20 de noviembre, Día internacional de los derechos del niño. Empezamos bien.
Sí, ya sé que la convención peina canas, pero digo yo que desde el 20 de noviembre de 1989 hasta ahora, ha habido tiempo suficiente para cambiarle el nombre. Sobre todo si tenemos en cuenta que en 2015, la Asamblea General de la ONU aprobó la Agenda 2030 para el Desarrollo Sostenible, en cuyo objetivo número 5 «Lograr la igualdad entre los géneros y empoderar a todas las mujeres y las niñas», especifica que «[…] A pesar de estos logros, todavía existen muchas dificultades: las leyes y las normas sociales discriminatorias continúan siendo generalizadas, las mujeres siguen estando infrarrepresentadas a todos los niveles de liderazgo político[…]». En fin. Obviamente, no es esto lo más grave de la situación en el mundo de niñas, adolescentes, jóvenes, adultas y mayores, mujeres todas ellas. Pero no estar presentes en los textos, en el lenguaje, sigue contribuyendo a no estar presentes en el imaginario colectivo; y lo que me parece más importante, contribuye a no estar presentes en el diseño y puesta en marcha de las políticas públicas. Las mismas chicas y chicos que participaron en el VI Encuentro Estatal de Consejos de Participación Infantil y Adolescente, celebrado online hace escasas semanas (el pasado mes de octubre), al revisar los ODS, recogían sus conclusiones y propuestas en el Manifiesto de infancia y adolescencia 2020. Desde el tejido asociativo llevamos años incorporando esta perspectiva en nuestras hojas de ruta. En cada acción, en cada proceso. Por eso, nosotras conmemoramos hoy, en su completa diversidad, el Día Universal de la Infancia.

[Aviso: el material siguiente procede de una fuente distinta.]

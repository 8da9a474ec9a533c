ghost use Rattle.std.specs.Prelude.{◌≡◌, ◌≤◌, ℕ, List};
ghost use Rattle.dd_ports.specs.Grows.{GrowsByPrefix};
ghost use Rattle.dd_suite_exercise.specs.Exercise.{IsExerciseText};
ghost use Rattle.dd_suite_tasks.specs.Stops.{IsWriteEnding, AppendsExercise};
ghost use Rattle.dd_suite_tasks.specs.Outside.{KeepsSure};

use dd_model::Memory;
use dd_ports::Sink;
use dd_suite_tasks::{Ending, write_text};
use std::alloc::Global;

/// Writes the text of an exercise of `count` items from a number on.
pub(crate) fn write_exercise<O: Sink>(alloc: Global, start: u32, count: u32, out: &mut O) -> Ending
    requires start { start ≤ 2147483647 }
    requires count { count ≤ 10000 }
    ensures prefix { (text : List ℕ) → IsExerciseText start count text
        → GrowsByPrefix (O.held out.old) (O.held out.new) text }
    ensures whole { result ≡ Ending.Done
        → AppendsExercise start count (O.held out.old) (O.held out.new) }
    ensures cause { IsWriteEnding result (O.faults out.old) (O.faults out.new) }
    ensures count { O.faults out.old ≤ O.faults out.new }
    ensures sure { KeepsSure O.Sink out.old out.new result }
{
    match dd_suite_exercise::exercise(alloc, start, count) {
        Ok(text) => write_text(&text, out),
        Err(Memory) => Ending::Memory,
    }
}
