ghost use Rattle.std.specs.Prelude.{◌≡◌, ◌-◌, ◌≤◌, ◌<◌, [], ◌∷◌, ◌++◌, IfOk, IsTrue, length, take};
ghost use Rattle.std.specs.List.{slice_get};
ghost use Rattle.std.specs.declared.option.Option.TheVariants.{Some};
ghost use Rattle.dd_model.specs.Symbol.{Symbol as Tiling};
ghost use Rattle.dd_branch_tables.specs.Rows.{partial_of};
ghost use Rattle.dd_branch_bounds.specs.Shares.{IsSought};
ghost use Rattle.dd_branch_bounds.specs.Kept.{AreSides};

use crate::undo_point::UndoPoint;
use dd_branch_bounds::{PathShares, TablePaths};
use dd_branch_tables::PartialTable;
use dd_model::Memory;
use std::alloc::Global;
use std::marker::Model;

/// How many levels there may be: one for each number of the longest code, and that of the whole
/// one.
const ROOM: usize = 109;

/// The levels of a search, the one where it is at the end. The room for all is taken once. A level
/// is large, so it is read and changed in place. If a level was taken away, the next one is written
/// in its place. So the paths are copied once for each number that is put in.
#[derive(Drop)]
pub(crate) struct UndoPoints {
    levels: Vec<UndoPoint>,
    count: usize,
}

impl Model for UndoPoints {
    ghost use Rattle.std.specs.Prelude.{take};
    ghost use Rattle.std.specs.List.{slice_get};
    ghost use Rattle.dd_branch.specs.Levels.{Leveled, HasRoom, sides_of};

    ghost Value = { Leveled };

    ghost view = { λ a. record {
      before = take a.count a.levels.items;
      sides = sides_of (slice_get a.levels.items a.count);
    } };

    ghost invariant = { λ a. HasRoom a.count a.levels };
}

impl UndoPoints {
    ghost use Rattle.dd_branch.specs.Levels.{level_of, Leveled};

    /// Only the first level.
    pub(crate) fn new(alloc: Global, sides: &TablePaths) -> Result<UndoPoints, Memory>
        ensures before { IfOk result (λ levels. levels.before ≡ []) }
        ensures sides { IfOk result (λ levels. levels.sides ≡ sides.now) }
    {
        let mut levels = Vec::with_capacity(alloc, ROOM)?;
        levels.push_reserved(UndoPoint {
            numbers: 0,
            rows: 0,
            sides: *sides,
            starts: 0,
        });
        Ok(UndoPoints { levels, count: 0 })
    }

    /// How many there are before the one where the search stands.
    pub(crate) fn len(&self) -> usize
        ensures { result ≡ length self.now.before }
    {
        self.count
    }

    /// The paths of the table.
    pub(crate) fn sides(&self) -> &TablePaths
        ensures { result.now ≡ self.now.sides }
    {
        &self.levels[self.count].sides
    }

    /// The one before.
    pub(crate) fn last(&self) -> &UndoPoint
        requires { 1 ≤ length self.now.before }
        ensures { slice_get self.now.before (length self.now.before - 1) ≡ Some result.now }
    {
        &self.levels[self.count - 1]
    }

    /// Joins the paths that what was put into the table after a mark joins. True where no wanted
    /// symbol completes the table.
    pub(crate) fn learn(&mut self, classes: &PathShares, table: &PartialTable, mark: usize) -> bool
        requires kept { AreSides classes.now (partial_of table.now) self.old.sides }
        ensures before { self.new.before ≡ self.old.before }
        ensures kept { AreSides classes.now (partial_of table.now) self.new.sides }
        ensures dead { IsTrue result → (s : Tiling)
            → ¬ IsSought classes.now.request (partial_of table.now) s }
    {
        self.levels[self.count].sides.learn(classes, table, mark)
    }

    /// Goes on to the next one, which has the same paths, with what there was before it.
    pub(crate) fn push(&mut self, numbers: usize, rows: usize, starts: usize)
        requires { length self.old.before < 108 }
        ensures before { self.new.before
            ≡ self.old.before ++ level_of numbers rows self.old.sides starts ∷ [] }
        ensures sides { self.new.sides ≡ self.old.sides }
    {
        let here = self.count;
        let level = &mut self.levels[here];
        level.numbers = numbers;
        level.rows = rows;
        level.starts = starts;
        self.count += 1;
        if self.count == self.levels.len() {
            let next = self.levels[here];
            self.levels.push_reserved(next);
        } else {
            self.levels[self.count] = self.levels[here];
        }
    }

    /// Goes back to the one before.
    pub(crate) fn drop_last(&mut self)
        requires { 1 ≤ length self.old.before }
        ensures before { self.new.before ≡ take (length self.old.before - 1) self.old.before }
        ensures sides { (level : UndoPoint)
            → slice_get self.old.before (length self.old.before - 1) ≡ Some level
            → self.new.sides ≡ level.sides }
    {
        self.count -= 1;
    }
}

Pero no me quiero detener aquí, que el objeto de sentarme a escribir sobre participación infantil no era, únicamente, hablar de la perspectiva de género que la atraviesa transversalmente, sino más bien reflexionar un poco sobre lo que ha traído hasta aquí y, sobre todo, lo que queremos hacer a partir de ahora.
La convención de los derechos «de la infancia»
El artículo 12 de la convención dice:
«Los Estados Partes garantizarán al niño que esté en condiciones de formarse un juicio propio el derecho de expresar su opinión libremente en todos los asuntos que afectan al niño, teniéndose debidamente en cuenta las opiniones del niño, en función de la edad y madurez del niño. Con tal fin, se dará en particular al niño oportunidad de ser escuchado, en todo procedimiento judicial o administrativo que afecte al niño, ya sea directamente o por medio de un representante o de un órgano apropiado, en consonancia con las normas de procedimiento de la ley nacional».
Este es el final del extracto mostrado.